Dataset entries:

::::

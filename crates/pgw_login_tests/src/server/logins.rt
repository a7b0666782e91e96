//! Logins, however their bytes are cut.

use crate::server::servers::{Asks, compare, server_says};
use pgw_types::memory::OutOfMemory;
use std::alloc::Global;
use std::process::Abort;
use std::test::Fail;

// A client's bytes, what the server answers in the end, and what it puts out.
const ENCRYPTED: &[(&[u8], &str, &[u8])] = &[
    (b"\0\0\0\x08\x04\xd2\x16\x2f", "waiting", b"N"),
    (
        b"\0\0\0\x08\x04\xd2\x16\x30\0\0\0\x08\x04\xd2\x16\x2f",
        "waiting",
        b"NN",
    ),
    (
        b"\0\0\0\x08\x04\xd2\x16\x2f\0\0\0\x08\x04\xd2\x16\x30\0\0\0\x12\0\x03\0\0user\0bob\0\0",
        "waiting",
        b"NNR\0\0\0\x08\0\0\0\x03",
    ),
    (
        b"\0\0\0\x08\x04\xd2\x16\x2f\0\0\0\x12\0\x03\0\0user\0bob\0\0p\0\0\0\x0bsecret\0",
        "finished",
        b"NR\0\0\0\x08\0\0\0\x03R\0\0\0\x08\0\0\0\0K\0\0\0\x0c\0\x01\x86\xa0\x01\x01\x01\x01Z\0\0\0\x05I",
    ),
];

// Requests for encryption are refused by `N`, and the login goes on, however the bytes are cut.
#[test]
fn server_core_ssl(rt: HostRuntime) -> Result<(), Fail> {
    for (bytes, answer, out) in ENCRYPTED {
        for cut in [1, 7, 100] {
            let said = server_says(&rt, rt.alloc(), Asks::Cleartext, bytes, cut)?;
            compare(&rt, &said, answer, out, cut);
        }
    }
    Ok(())
}

// The salt and the text are the worked exchange of the documentation's formula.
const MD5: &[u8] =
    b"\0\0\0\x16\0\x03\0\0user\0zmjiang\0\0p\0\0\0\x28md521fe459d77d3e3ea9c9fcd5c11030d30\0";

const LET_IN_BY_MD5: &[u8] =
    b"R\0\0\0\x0c\0\0\0\x05\x14\xf7\x6b\xf9R\0\0\0\x08\0\0\0\0K\0\0\0\x0c\0\x01\x86\xa0\x01\x01\x01\x01Z\0\0\0\x05I";

#[test]
fn md5_login(rt: HostRuntime) -> Result<(), Fail> {
    for cut in [1, 22, 100] {
        let said = server_says(&rt, rt.alloc(), Asks::Md5, MD5, cut)?;
        compare(&rt, &said, "finished", LET_IN_BY_MD5, cut);
    }
    Ok(())
}

// A client's bytes, how many come at a time, what the server answers in the end, and what it puts out.
const ENDS: &[(&[u8], usize, &str, &[u8])] = &[
    (
        b"\0\0\0\x10\x04\xd2\x16\x2e\0\0\0\x07\0\0\0\x09",
        5,
        "cancel 7",
        b"",
    ),
    (
        b"\0\0\0\x10\x04\xd2\x16\x2e\0\0\0\x07\0\0\0\x09\0",
        16,
        "the login is in another state",
        b"",
    ),
    (
        b"\0\0\0\x12\0\x03\0\0user\0bob\0\0p\0\0\0\x0bsecreT\0",
        30,
        "password authentication failed for user `bob`",
        b"R\0\0\0\x08\0\0\0\x03",
    ),
    (
        b"\0\0\0\x12\0\x03\0\0user\0bob\0\0p\0\0\0\x0bsecreT\0p\0\0\0\x0bsecret\0",
        30,
        "the login is in another state",
        b"R\0\0\0\x08\0\0\0\x03",
    ),
    (
        b"\0\0\0\x12\0\x03\0\0user\0bob\0\0z\0",
        20,
        "invalid message type 122",
        b"R\0\0\0\x08\0\0\0\x03",
    ),
    (
        b"\0\0\0\x12\0\x03\0\0user\0bob\0\0p\0\0\0\x0bsecret\0Q\0\0\0\x05\0H\0\0",
        100,
        "finished",
        b"R\0\0\0\x08\0\0\0\x03R\0\0\0\x08\0\0\0\0K\0\0\0\x0c\0\x01\x86\xa0\x01\x01\x01\x01Z\0\0\0\x05I",
    ),
    (
        b"\0\0\0\x12\0\x03\0\0user\0bob\0\0p\0\0\0\x0bsecret\0p\0\0\0\x0bsecret\0",
        100,
        "the login is in another state",
        b"R\0\0\0\x08\0\0\0\x03R\0\0\0\x08\0\0\0\0K\0\0\0\x0c\0\x01\x86\xa0\x01\x01\x01\x01Z\0\0\0\x05I",
    ),
];

// Behind an end nothing is looked at and nothing is sent.
#[test]
fn ends_stay(rt: HostRuntime) -> Result<(), Fail> {
    for (bytes, cut, answer, out) in ENDS {
        let said = server_says(&rt, rt.alloc(), Asks::Cleartext, bytes, *cut)?;
        compare(&rt, &said, answer, out, *cut);
    }
    Ok(())
}

// What comes behind the startup message under a bound of 16 bytes, and what the server answers in the end: of a message
// that says it has more, the header alone has come.
const BOUNDED: &[(&[u8], &str)] = &[
    (b"Q\0\0\0\x10", "waiting"),
    (b"Q\0\0\0\x11", "message of 17 bytes, above the limit 16"),
    (b"z\0", "invalid message type 122"),
    (
        b"p\0\0\x27\x11",
        "message of 10001 bytes, above the limit 10000",
    ),
    (b"p\0\0\0\x0bsecret\0Q\0\0\0\x11", "finished"),
];

fn behind_startup(alloc: Global, bytes: &[u8]) -> Result<Vec<u8>, OutOfMemory> {
    let mut all = Vec::new(alloc);
    all.extend_from_slice(b"\0\0\0\x12\0\x03\0\0user\0bob\0\0")?;
    all.extend_from_slice(bytes)?;
    Ok(all)
}

// Compares what the server answers under the bound, however the bytes are cut.
fn check_bound<R: Abort>(
    rt: &R,
    alloc: Global,
    bytes: &[u8],
    answer: &str,
) -> Result<(), OutOfMemory> {
    for cut in [1, 100] {
        let said = server_says(rt, alloc, Asks::CleartextWithin(16), bytes, cut)?;
        assert_eq!(rt; said.answer.as_str(), answer, "cut at {cut}");
    }
    Ok(())
}

// A bound holds from the startup message on until the client may ask.
#[test]
fn bound_before_a_login(rt: HostRuntime) -> Result<(), Fail> {
    for (bytes, answer) in BOUNDED {
        let all = behind_startup(rt.alloc(), bytes)?;
        check_bound(&rt, rt.alloc(), &all, answer)?;
    }
    Ok(())
}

::::

#### Exercise details:
Using the data above, print every record exactly as shown.

#### Solved problem:
filename crates/pgw_login_tests/src/server/logins.rt
repository a7b0666782e91e96
//! Logins, however their bytes are cut.

use crate::server::servers::{Asks, compare, server_says};
use pgw_types::memory::OutOfMemory;
use std::alloc::Global;
use std::process::Abort;
use std::test::Fail;

// A client's bytes, what the server answers in the end, and what it puts out.
const ENCRYPTED: &[(&[u8], &str, &[u8])] = &[
    (b"\0\0\0\x08\x04\xd2\x16\x2f", "waiting", b"N"),
    (
        b"\0\0\0\x08\x04\xd2\x16\x30\0\0\0\x08\x04\xd2\x16\x2f",
        "waiting",
        b"NN",
    ),
    (
        b"\0\0\0\x08\x04\xd2\x16\x2f\0\0\0\x08\x04\xd2\x16\x30\0\0\0\x12\0\x03\0\0user\0bob\0\0",
        "waiting",
        b"NNR\0\0\0\x08\0\0\0\x03",
    ),
    (
        b"\0\0\0\x08\x04\xd2\x16\x2f\0\0\0\x12\0\x03\0\0user\0bob\0\0p\0\0\0\x0bsecret\0",
        "finished",
        b"NR\0\0\0\x08\0\0\0\x03R\0\0\0\x08\0\0\0\0K\0\0\0\x0c\0\x01\x86\xa0\x01\x01\x01\x01Z\0\0\0\x05I",
    ),
];

// Requests for encryption are refused by `N`, and the login goes on, however the bytes are cut.
#[test]
fn server_core_ssl(rt: HostRuntime) -> Result<(), Fail> {
    for (bytes, answer, out) in ENCRYPTED {
        for cut in [1, 7, 100] {
            let said = server_says(&rt, rt.alloc(), Asks::Cleartext, bytes, cut)?;
            compare(&rt, &said, answer, out, cut);
        }
    }
    Ok(())
}

// The salt and the text are the worked exchange of the documentation's formula.
const MD5: &[u8] =
    b"\0\0\0\x16\0\x03\0\0user\0zmjiang\0\0p\0\0\0\x28md521fe459d77d3e3ea9c9fcd5c11030d30\0";

const LET_IN_BY_MD5: &[u8] =
    b"R\0\0\0\x0c\0\0\0\x05\x14\xf7\x6b\xf9R\0\0\0\x08\0\0\0\0K\0\0\0\x0c\0\x01\x86\xa0\x01\x01\x01\x01Z\0\0\0\x05I";

#[test]
fn md5_login(rt: HostRuntime) -> Result<(), Fail> {
    for cut in [1, 22, 100] {
        let said = server_says(&rt, rt.alloc(), Asks::Md5, MD5, cut)?;
        compare(&rt, &said, "finished", LET_IN_BY_MD5, cut);
    }
    Ok(())
}

// A client's bytes, how many come at a time, what the server answers in the end, and what it puts out.
const ENDS: &[(&[u8], usize, &str, &[u8])] = &[
    (
        b"\0\0\0\x10\x04\xd2\x16\x2e\0\0\0\x07\0\0\0\x09",
        5,
        "cancel 7",
        b"",
    ),
    (
        b"\0\0\0\x10\x04\xd2\x16\x2e\0\0\0\x07\0\0\0\x09\0",
        16,
        "the login is in another state",
        b"",
    ),
    (
        b"\0\0\0\x12\0\x03\0\0user\0bob\0\0p\0\0\0\x0bsecreT\0",
        30,
        "password authentication failed for user `bob`",
        b"R\0\0\0\x08\0\0\0\x03",
    ),
    (
        b"\0\0\0\x12\0\x03\0\0user\0bob\0\0p\0\0\0\x0bsecreT\0p\0\0\0\x0bsecret\0",
        30,
        "the login is in another state",
        b"R\0\0\0\x08\0\0\0\x03",
    ),
    (
        b"\0\0\0\x12\0\x03\0\0user\0bob\0\0z\0",
        20,
        "invalid message type 122",
        b"R\0\0\0\x08\0\0\0\x03",
    ),
    (
        b"\0\0\0\x12\0\x03\0\0user\0bob\0\0p\0\0\0\x0bsecret\0Q\0\0\0\x05\0H\0\0",
        100,
        "finished",
        b"R\0\0\0\x08\0\0\0\x03R\0\0\0\x08\0\0\0\0K\0\0\0\x0c\0\x01\x86\xa0\x01\x01\x01\x01Z\0\0\0\x05I",
    ),
    (
        b"\0\0\0\x12\0\x03\0\0user\0bob\0\0p\0\0\0\x0bsecret\0p\0\0\0\x0bsecret\0",
        100,
        "the login is in another state",
        b"R\0\0\0\x08\0\0\0\x03R\0\0\0\x08\0\0\0\0K\0\0\0\x0c\0\x01\x86\xa0\x01\x01\x01\x01Z\0\0\0\x05I",
    ),
];

// Behind an end nothing is looked at and nothing is sent.
#[test]
fn ends_stay(rt: HostRuntime) -> Result<(), Fail> {
    for (bytes, cut, answer, out) in ENDS {
        let said = server_says(&rt, rt.alloc(), Asks::Cleartext, bytes, *cut)?;
        compare(&rt, &said, answer, out, *cut);
    }
    Ok(())
}

// What comes behind the startup message under a bound of 16 bytes, and what the server answers in the end: of a message
// that says it has more, the header alone has come.
const BOUNDED: &[(&[u8], &str)] = &[
    (b"Q\0\0\0\x10", "waiting"),
    (b"Q\0\0\0\x11", "message of 17 bytes, above the limit 16"),
    (b"z\0", "invalid message type 122"),
    (
        b"p\0\0\x27\x11",
        "message of 10001 bytes, above the limit 10000",
    ),
    (b"p\0\0\0\x0bsecret\0Q\0\0\0\x11", "finished"),
];

fn behind_startup(alloc: Global, bytes: &[u8]) -> Result<Vec<u8>, OutOfMemory> {
    let mut all = Vec::new(alloc);
    all.extend_from_slice(b"\0\0\0\x12\0\x03\0\0user\0bob\0\0")?;
    all.extend_from_slice(bytes)?;
    Ok(all)
}

// Compares what the server answers under the bound, however the bytes are cut.
fn check_bound<R: Abort>(
    rt: &R,
    alloc: Global,
    bytes: &[u8],
    answer: &str,
) -> Result<(), OutOfMemory> {
    for cut in [1, 100] {
        let said = server_says(rt, alloc, Asks::CleartextWithin(16), bytes, cut)?;
        assert_eq!(rt; said.answer.as_str(), answer, "cut at {cut}");
    }
    Ok(())
}

// A bound holds from the startup message on until the client may ask.
#[test]
fn bound_before_a_login(rt: HostRuntime) -> Result<(), Fail> {
    for (bytes, answer) in BOUNDED {
        let all = behind_startup(rt.alloc(), bytes)?;
        check_bound(&rt, rt.alloc(), &all, answer)?;
    }
    Ok(())
}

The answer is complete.